Seems little, when you contrast that value with what other traitors received for their actions. But in the first century that was probably a lot of money. Thank you.



Andres said:


> In that time or present? Inflation changes everything.


Both


----------



## Edward (Jun 1, 2012)

lynnie said:


> , and the silver coins Judas got were worth about 3-4 denarius each....so say 100+ days wages, or about 4 months pay.
> 
> So whatever you would consider middle class monthly income to be, multiply by four to get the approximate buying power of the 30 coins. Google would say the median for a household is about 50,000 or so, which means Judas got 16 grand.



That number looks a bit high. 

Silver is currently going for just under $28 a troy ounce (for metal that is probably more pure than was available then). Unless I'm making a math error somewhere or misplacing a decimal, that would be about $400 per pound. So $16,000 would work out to about 40 pounds of silver.


----------



## py3ak (Jun 1, 2012)

Andres said:


> In that time or present? Inflation changes everything.

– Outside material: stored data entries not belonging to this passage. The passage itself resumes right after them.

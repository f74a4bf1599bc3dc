//! Whether all nodes of a statement leave it an id.
#![tactic(auto)]

ghost use Rattle.std.specs.Prelude.{◌≡◌};
ghost use Rattle.sql_node.specs.View.{statement_tree};
ghost use Rattle.sql_shape.specs.Ids.{has_id, id_tests};

use crate::nodes::{NodeTest, all_nodes};
use sql_leaf::{PositionalItem, Tablesample};
use sql_node::Statement;
use sql_pass::Value;
use sql_schema::{SqlList, SqlType};

/// That a node leaves its statement an id.
struct LeavesId;

impl NodeTest for LeavesId {
    ghost tests = { id_tests };

    fn boxed() -> bool {
        false
    }

    fn value(_ty: SqlType, _value: &Value) -> bool {
        true
    }

    fn values(_ty: SqlType, _values: &[Value]) -> bool {
        false
    }

    fn sample(sample: &Option<Tablesample>) -> bool {
        sample.is_none()
    }

    #[tactic(auto, using(crate::proofs::Positions::positions))]
    fn places(order: &Option<SqlList<PositionalItem>>) -> bool {
        match order {
            None => true,
            Some(items) => items.as_slice().is_empty(),
        }
    }
}

/// Whether the statement has an id: it holds no boxed part, no `OrderColumn`, no `Tablesample` and no list of values.
pub fn statement_leaves_id(statement: &Statement) -> bool
    ensures { result ≡ has_id (statement_tree statement.now) }
{
    all_nodes::<LeavesId>(statement)
}
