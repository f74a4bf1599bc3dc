ghost use Rattle.std.specs.Prelude.{◌≡◌};
ghost use Rattle.sql_node.specs.Tree.{Statement};
ghost use Rattle.sql_shape.specs.Ids.{has_id};
ghost use Rattle.sql_shape.specs.Shape.{shape};

/// Statements of one shape have an id, or none of them has.
#[tactic(auto, using(crate::proofs::IdLaws::ids))]
pub fn equal_shapes_have_ids_alike()
    ensures { (a b : Statement) → shape a ≡ shape b → has_id a ≡ has_id b }
{}
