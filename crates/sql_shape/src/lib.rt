//! Shapes of statements, all but their values; tests of all nodes; and which statements have an id.
#![tactic(auto)]

mod laws;
mod nodes;
mod plain;

pub use laws::equal_shapes_have_ids_alike;
pub use nodes::{NodeTest, all_nodes};
pub use plain::statement_leaves_id;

There were no U.S. dollars at that time....


----------



## rookie (Jun 1, 2012)

py3ak said:


> Andres said:
> 
> 
> > In that time or present? Inflation changes everything.
> ...



And the closest estimate historians could make, were for example, that the ointment that was used to wash the Lord's feet, was valued at between $11 000 and $17 000.....

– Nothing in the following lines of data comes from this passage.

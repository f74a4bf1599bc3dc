//! Tests of what the nodes of a statement hold, at any depth.
#![tactic(auto)]

ghost use Rattle.std.specs.Prelude.{◌≡◌, map};
ghost use Rattle.std.specs.Option.{option_map};
ghost use Rattle.sql_node.specs.View.{boxed_select_statement_tree, combination_clause_tree, distinct_clause_tree, expr_tree, exprs_of, from_clause_tree, group_by_clause_tree, having_clause_tree, in_values_tree, items_of, join_on_tree, maybe_of, order_clause_tree, order_item_tree, select_clause_tree, select_statement_tree, source_tree, statement_tree, where_clause_tree};
ghost use Rattle.sql_shape.specs.Nodes.{NodeTests, all_among, all_distinct, all_expr, all_exprs, all_from, all_items, all_maybe, all_order, all_source, all_statement};

use sql_leaf::{PositionalItem, Tablesample};
use sql_node::{
    BoxedSelectStatement, CombinationClause, DistinctClause, Expr, FromClause, GroupByClause,
    HavingClause, InValues, JoinOn, OrderClause, OrderItem, SelectClause, SelectStatement, Source,
    Statement, WhereClause,
};
use sql_pass::Value;
use sql_schema::{SqlList, SqlType};

/// Tests of what the nodes of a statement hold, which `all_nodes` makes at any depth.
///
/// Those of an id let each value pass and no list of values: `WHERE id = $1`, but not `WHERE id IN ($1, $2)`.
pub trait NodeTest {
    ghost tests: { NodeTests };

    /// Whether a boxed statement passes, one of `into_boxed`, if all that it holds does.
    fn boxed() -> bool
        ensures { result ≡ tests.boxed };

    /// Whether a value that is bound as of the type passes: the 1 of `id = 1`.
    fn value(ty: SqlType, value: &Value) -> bool
        ensures { result ≡ tests.value ty value.now };

    /// Whether a list of values of the type passes: that of `id IN (1, 2)`.
    fn values(ty: SqlType, values: &[Value]) -> bool
        ensures { result ≡ tests.values ty values.now };

    /// Whether a table passes by its sample, as `users TABLESAMPLE BERNOULLI (10)`, or without one.
    fn sample(sample: &Option<Tablesample>) -> bool
        ensures { result ≡ tests.sample sample.now };

    /// Whether a combination passes by the places that it is ordered by, as `ORDER BY 1`, or without an order.
    fn places(order: &Option<SqlList<PositionalItem>>) -> bool
        ensures { result ≡ tests.places order.now };
}

#[tactic(auto, using(sql_node::proofs::Trees::opens_expr, crate::proofs::Among::opens_among))]
#[cycle(nodes)]
fn expr_passes<T: NodeTest>(expr: &Expr) -> bool
    ensures { result ≡ all_expr T.tests (expr_tree expr.now) }
{
    match expr {
        Expr::Column(_) | Expr::Field(_) | Expr::CountStar => true,
        Expr::Value(ty, value) => T::value(*ty, value),
        Expr::List(exprs) => exprs_pass::<T>(exprs.as_slice()),
        Expr::Nullable(a) | Expr::Not(a) | Expr::IsNull(a) | Expr::IsNotNull(a) | Expr::Count(a) =>
            { expr_passes::<T>(a) }
        Expr::Eq(a, b)
        | Expr::Ne(a, b)
        | Expr::Gt(a, b)
        | Expr::Ge(a, b)
        | Expr::Lt(a, b)
        | Expr::Le(a, b)
        | Expr::And(a, b)
        | Expr::Or(a, b) => expr_passes::<T>(a) && expr_passes::<T>(b),
        Expr::Exists(query) | Expr::Subselect(query) => all_nodes::<T>(query),
        Expr::EqAny(a, among) | Expr::NeAll(a, among) => {
            expr_passes::<T>(a) && among_passes::<T>(among)
        }
    }
}

#[cycle(nodes)]
fn exprs_pass<T: NodeTest>(exprs: &[Expr]) -> bool
    ensures { result ≡ all_exprs T.tests (exprs_of (map expr_tree exprs.now)) }
{
    for expr in exprs {
        if !expr_passes::<T>(expr) {
            return false;
        }
    }
    true
}

#[tactic(auto, using(sql_node::proofs::Trees::opens_in_values))]
#[cycle(nodes)]
fn among_passes<T: NodeTest>(among: &InValues) -> bool
    ensures { result ≡ all_among T.tests (in_values_tree among.now) }
{
    match among {
        InValues::List(ty, values) => T::values(*ty, values.as_slice()),
        InValues::Query(query) => all_nodes::<T>(query),
    }
}

#[tactic(auto, using(sql_node::proofs::Trees::opens_join_on, sql_node::proofs::Trees::opens_join))]
#[cycle(nodes)]
fn join_passes<T: NodeTest>(join: &JoinOn) -> bool
    ensures { result ≡ all_source T.tests (join_on_tree join.now) }
{
    source_passes::<T>(&join.join.left)
        && source_passes::<T>(&join.join.right)
        && on_passes::<T>(&join.on)
}

#[cycle(nodes)]
fn on_passes<T: NodeTest>(on: &Option<Expr>) -> bool
    ensures { result ≡ all_maybe T.tests (maybe_of (option_map expr_tree on.now)) }
{
    match on {
        None => true,
        Some(on) => expr_passes::<T>(on),
    }
}

#[tactic(auto, using(sql_node::proofs::Trees::opens_source))]
#[cycle(nodes)]
fn source_passes<T: NodeTest>(source: &Source) -> bool
    ensures { result ≡ all_source T.tests (source_tree source.now) }
{
    match source {
        Source::Table(source) => T::sample(&source.sample),
        Source::Alias(_) => true,
        Source::Join(join) => join_passes::<T>(join),
    }
}

#[tactic(auto, using(sql_node::proofs::Trees::opens_from_clause))]
#[cycle(nodes)]
fn from_passes<T: NodeTest>(clause: &FromClause) -> bool
    ensures { result ≡ all_from T.tests (from_clause_tree clause.now) }
{
    match clause {
        FromClause::NoFromClause => true,
        FromClause::FromClause(source) => source_passes::<T>(source),
    }
}

#[tactic(auto, using(sql_node::proofs::Trees::opens_select_clause))]
#[cycle(nodes)]
fn selection_passes<T: NodeTest>(clause: &SelectClause) -> bool
    ensures { result ≡ all_expr T.tests (select_clause_tree clause.now).1 }
{
    match clause {
        SelectClause::DefaultSelectClause(selection) | SelectClause::SelectClause(selection) => {
            expr_passes::<T>(selection)
        }
    }
}

#[tactic(auto, using(sql_node::proofs::Trees::opens_distinct_clause))]
#[cycle(nodes)]
fn distinct_passes<T: NodeTest>(clause: &DistinctClause) -> bool
    ensures { result ≡ all_distinct T.tests (distinct_clause_tree clause.now) }
{
    match clause {
        DistinctClause::NoDistinctClause | DistinctClause::DistinctClause => true,
        DistinctClause::DistinctOnClause(exprs) => expr_passes::<T>(exprs),
    }
}

#[tactic(auto, using(sql_node::proofs::Trees::opens_where_clause))]
#[cycle(nodes)]
fn where_passes<T: NodeTest>(clause: &WhereClause) -> bool
    ensures { result ≡ all_maybe T.tests (where_clause_tree clause.now) }
{
    match clause {
        WhereClause::NoWhereClause => true,
        WhereClause::WhereClause(condition) => expr_passes::<T>(condition),
    }
}

#[tactic(auto, using(sql_node::proofs::Trees::opens_group_by_clause))]
#[cycle(nodes)]
fn group_by_passes<T: NodeTest>(clause: &GroupByClause) -> bool
    ensures { result ≡ all_maybe T.tests (group_by_clause_tree clause.now) }
{
    match clause {
        GroupByClause::NoGroupByClause => true,
        GroupByClause::GroupByClause(exprs) => expr_passes::<T>(exprs),
    }
}

#[tactic(auto, using(sql_node::proofs::Trees::opens_having_clause))]
#[cycle(nodes)]
fn having_passes<T: NodeTest>(clause: &HavingClause) -> bool
    ensures { result ≡ all_maybe T.tests (having_clause_tree clause.now) }
{
    match clause {
        HavingClause::NoHavingClause => true,
        HavingClause::HavingClause(condition) => expr_passes::<T>(condition),
    }
}

#[tactic(auto, using(sql_node::proofs::Trees::opens_order_item))]
#[cycle(nodes)]
fn item_passes<T: NodeTest>(item: &OrderItem) -> bool
    ensures { result ≡ all_expr T.tests (order_item_tree item.now).0 }
{
    expr_passes::<T>(&item.expr)
}

#[cycle(nodes)]
fn items_pass<T: NodeTest>(items: &[OrderItem]) -> bool
    ensures { result ≡ all_items T.tests (items_of (map order_item_tree items.now)) }
{
    for item in items {
        if !item_passes::<T>(item) {
            return false;
        }
    }
    true
}

#[tactic(auto, using(sql_node::proofs::Trees::opens_order_clause))]
#[cycle(nodes)]
fn order_passes<T: NodeTest>(clause: &OrderClause) -> bool
    ensures { result ≡ all_order T.tests (order_clause_tree clause.now) }
{
    match clause {
        OrderClause::NoOrderClause => true,
        OrderClause::OrderClause(items) => items_pass::<T>(items.as_slice()),
    }
}

#[tactic(auto, using(sql_node::proofs::Trees::opens_select_statement))]
#[cycle(nodes)]
fn select_passes<T: NodeTest>(select: &SelectStatement) -> bool
    ensures { result ≡ all_statement T.tests (select_statement_tree select.now) }
{
    distinct_passes::<T>(&select.distinct)
        && selection_passes::<T>(&select.select)
        && from_passes::<T>(&select.from)
        && where_passes::<T>(&select.where_clause)
        && group_by_passes::<T>(&select.group_by)
        && having_passes::<T>(&select.having)
        && order_passes::<T>(&select.order)
}

#[tactic(auto, using(sql_node::proofs::Trees::opens_boxed_select_statement))]
#[cycle(nodes)]
fn boxed_passes<T: NodeTest>(select: &BoxedSelectStatement) -> bool
    ensures { result ≡ all_statement T.tests (boxed_select_statement_tree select.now) }
{
    T::boxed()
        && distinct_passes::<T>(&select.distinct)
        && selection_passes::<T>(&select.select)
        && from_passes::<T>(&select.from)
        && where_passes::<T>(&select.where_clause)
        && group_by_passes::<T>(&select.group_by)
        && having_passes::<T>(&select.having)
        && order_passes::<T>(&select.order)
}

#[tactic(auto, using(sql_node::proofs::Trees::opens_combination_clause))]
#[cycle(nodes)]
fn combination_passes<T: NodeTest>(both: &CombinationClause) -> bool
    ensures { result ≡ all_statement T.tests (combination_clause_tree both.now) }
{
    all_nodes::<T>(&both.source) && all_nodes::<T>(&both.rhs) && T::places(&both.order)
}

/// Whether all that the nodes of the statement hold passes the tests, at any depth: of `SELECT .. WHERE EXISTS (SELECT ..)` in
/// both. It takes no memory.
#[tactic(auto, using(sql_node::proofs::Trees::opens_statement))]
#[cycle(nodes)]
pub fn all_nodes<T: NodeTest>(statement: &Statement) -> bool
    ensures { result ≡ all_statement T.tests (statement_tree statement.now) }
{
    match statement {
        Statement::Select(select) => select_passes::<T>(select),
        Statement::Boxed(select) => boxed_passes::<T>(select),
        Statement::Combination(both) => combination_passes::<T>(both),
    }
}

I have no issue believing that 30 pieces of silver might have been quite costly..how much...we may never know the exact amount, we can only go by the average person's salary. Here in Canada it's about $35 000 - $45 000 yearly... Minimum wage in New Brunswick is about $19 000.


----------



## Constantlyreforming (Jun 1, 2012)

I am sure that the silver coins added up to some mystical number that if repeated 12 times (the # of disciples) and then written down a certain way, would make one inherit certain blessings.





(completely kidding)


----------



## Unoriginalname (Jun 1, 2012)

Edward said:


> Quote Originally Posted by lynnie View Post
> , and the silver coins Judas got were worth about 3-4 denarius each....so say 100+ days wages, or about 4 months pay.
> 
> So whatever you would consider middle class monthly income to be, multiply by four to get the approximate buying power of the 30 coins. Google would say the median for a household is about 50,000 or so, which means Judas got 16 grand.
> That number looks a bit high.


It was at least enough to buy a field.


----------



## Pilgrim Standard (Jun 1, 2012)

Unoriginalname said:


> It was at least enough to buy a field.


Now there is a good use of analogia fidei applied to biblically historic economics right?
WCF Ch 1 Section 9 "The infallible rule of interpretation of Scripture is the Scripture itself: and therefore, when there is a question about the true and full sense of any Scripture (which is not manifold, but one), it must be searched and known by other places that speak more clearly."

Not that we can't figure the value of a particular means of exchange historically out side of the word... But I think the quoted answer above (by Eric Hettinger Jr) was just excellent.


----------



## Edward (Jun 1, 2012)

Unoriginalname said:


> It was at least enough to buy a field.



But how much field and what quality?


----------



## Rich Koster (Jun 1, 2012)

It is worth the same as a tasty bowl of lentils.


----------



## Pilgrim Standard (Jun 1, 2012)

py3ak said:


> Andres said:
> 
> 
> > In that time or present? Inflation changes everything.
> ...


My understanding is that there was not a concept of fiat currency at all at that time.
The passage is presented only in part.